I had the same problem with my 6.5 Ridgid shop vac. The problem was my shop vac was too strong and it was sucking all the material before it had a chance to fall out. I ended up placing an extension on the input piece to get it to fall out past the bottom and it seemed to help.

Mark


----------



## Maylar (Sep 3, 2013)

As far as checking for leaks, I suppose you could fill the can with water, plug the big holes, and turn the thing upside down. Likely spots for leaks are the lid to the can and the DD attachment to the lid.

I used a 5 gal Home Depot bucket which has a rubber gasket seal and the lid needs to be seated home with a mallet. It's very tight. Sealed the DD to the lid with RTV. It works great, my shop vac is empty with no dust in the filter.

Do you see the dust swirling in the cyclone when you run the vac?


----------



## BrandonD (Feb 14, 2013)

toolguy1000 said:


> is the tool hooked up to the right fitting on the DD? reversing the correct attachment points would no help the effectiveness of the DD.


I'm pretty sure -- I double checked as that's something I'd mess up :laughing:



jschaben said:


> Can you post some pics of your setup?


I can, but I forgot to get one when I was in the shop yesterday. I'll have to post one tonight. It's very simple though -- I actually purchased the deluxe kit, so I just have the first five galon bucket mounted to the back of the shop vac (where it is recommended, the opposite side of the input hose on the vac), with the three casters on it. The 2nd bucket just slides in, and I bolted the cyclone and gasket to the provided lid through the provided holes. 



Burb said:


> I had the same problem with my 6.5 Ridgid shop vac. The problem was my shop vac was too strong and it was sucking all the material before it had a chance to fall out. I ended up placing an extension on the input piece to get it to fall out past the bottom and it seemed to help.
> 
> Mark


This might be what I'm experiencing. I have a larger Rigid model. I don't recall the rating off the top of my head, I'll check tonight. 



Maylar said:


> As far as checking for leaks, I suppose you could fill the can with water, plug the big holes, and turn the thing upside down. Likely spots for leaks are the lid to the can and the DD attachment to the lid.
> 
> I used a 5 gal Home Depot bucket which has a rubber gasket seal and the lid needs to be seated home with a mallet. It's very tight. Sealed the DD to the lid with RTV. It works great, my shop vac is empty with no dust in the filter.
> 
> Do you see the dust swirling in the cyclone when you run the vac?


I do see the dust swirling in the cyclone.

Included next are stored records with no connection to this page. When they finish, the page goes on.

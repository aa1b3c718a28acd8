// Each call of a run refused in turn.
use crate::tests::{Case, run};
use crate::tests_reports::TREE;
use luo_top::Status;
use std::test::Fail;

/// How many bytes a sink takes at a time.
const MOST: usize = 7;

const REPORT: &[u8] = b"universe unlabelled\n\
    leaf(z) = 1\n\
    node(z) = z\n\
    tree(z) = leaf(z) + node(z)*tree(z)*tree(z)\n\
    tau[size](z) = node(z)*tree(z)*tree(z) + tau[size](z)*node(z)*tree(z) + tau[size](z)*node(z)*tree(z)\n\
    tau[path](z) = tau[size](z)*node(z)*tree(z) + tau[size](z)*node(z)*tree(z) + tau[path](z)*node(z)*tree(z) + tau[path](z)*node(z)*tree(z)\n\
    analyze path on tree\n\
    0 1 0 0\n\
    1 1 0 0\n\
    2 2 2 1\n\
    3 5 14 14/5\n\
    4 14 74 37/7\n";

const WHOLE: Case<'static> = Case {
    text: TREE,
    words: &["analyse", "a.adl", "4"],
    piece: 64,
    reads_fail: &[],
    most: MOST,
    writes_fail: &[],
    lines_fail: &[],
    status: Status::Done,
    out: REPORT,
    err: b"",
};

// The file is found, and 349 bytes come in six reads of 64 bytes at most; the last read finds none.
#[test]
fn each_read_may_fail(rt: HostRuntime) -> Result<(), Fail> {
    for call in 0..8 {
        let refused = Case {
            reads_fail: &[call],
            status: Status::ReadFault,
            out: b"",
            err: b"read fault\n",
            ..WHOLE
        };
        run(&rt, rt.alloc(), &refused)?;
    }
    let behind = Case {
        reads_fail: &[8],
        ..WHOLE
    };
    run(&rt, rt.alloc(), &behind)
}

// The 396 bytes of the report are taken in 57 writes.
#[test]
fn each_write_may_fail(rt: HostRuntime) -> Result<(), Fail> {
    let mut taken = 0;
    for call in 0..57 {
        assert!(rt; taken <= REPORT.len());
        let refused = Case {
            writes_fail: &[call],
            status: Status::WriteFault,
            out: &REPORT[..taken],
            err: b"write fault\n",
            ..WHOLE
        };
        run(&rt, rt.alloc(), &refused)?;
        taken += MOST;
    }
    let cases = [
        Case {
            writes_fail: &[57],
            ..WHOLE
        },
        Case {
            words: &["run", "a.adl", "walk", "a0"],
            lines_fail: &[0],
            status: Status::Refused,
            out: b"",
            ..WHOLE
        },
    ];
    for case in &cases {
        run(&rt, rt.alloc(), case)?;
    }
    Ok(())
}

Let me check a couple things and I'll get back to you guys. Thanks.


----------



## BrandonD (Feb 14, 2013)

Okay, thought I'd follow up. I initially mounted the body to the shop vac in one position and decided to move it. I temporarily covered the holes in the shop vac body with tape with intentions of sealing the holes with a bolt and silicone. There was also debris and sawdust in the vac body from before I installed the DD. At any rate, I plugged those holes the other day and emptied the vac, reinstalled the DD and gave it another try. It is doing much much better now. I didn't think those taped holes were leaking as I couldn't feel any air, but maybe there were? Or maybe it wasn't seated right the first couple times I tried. No clue, but it's working now.


----------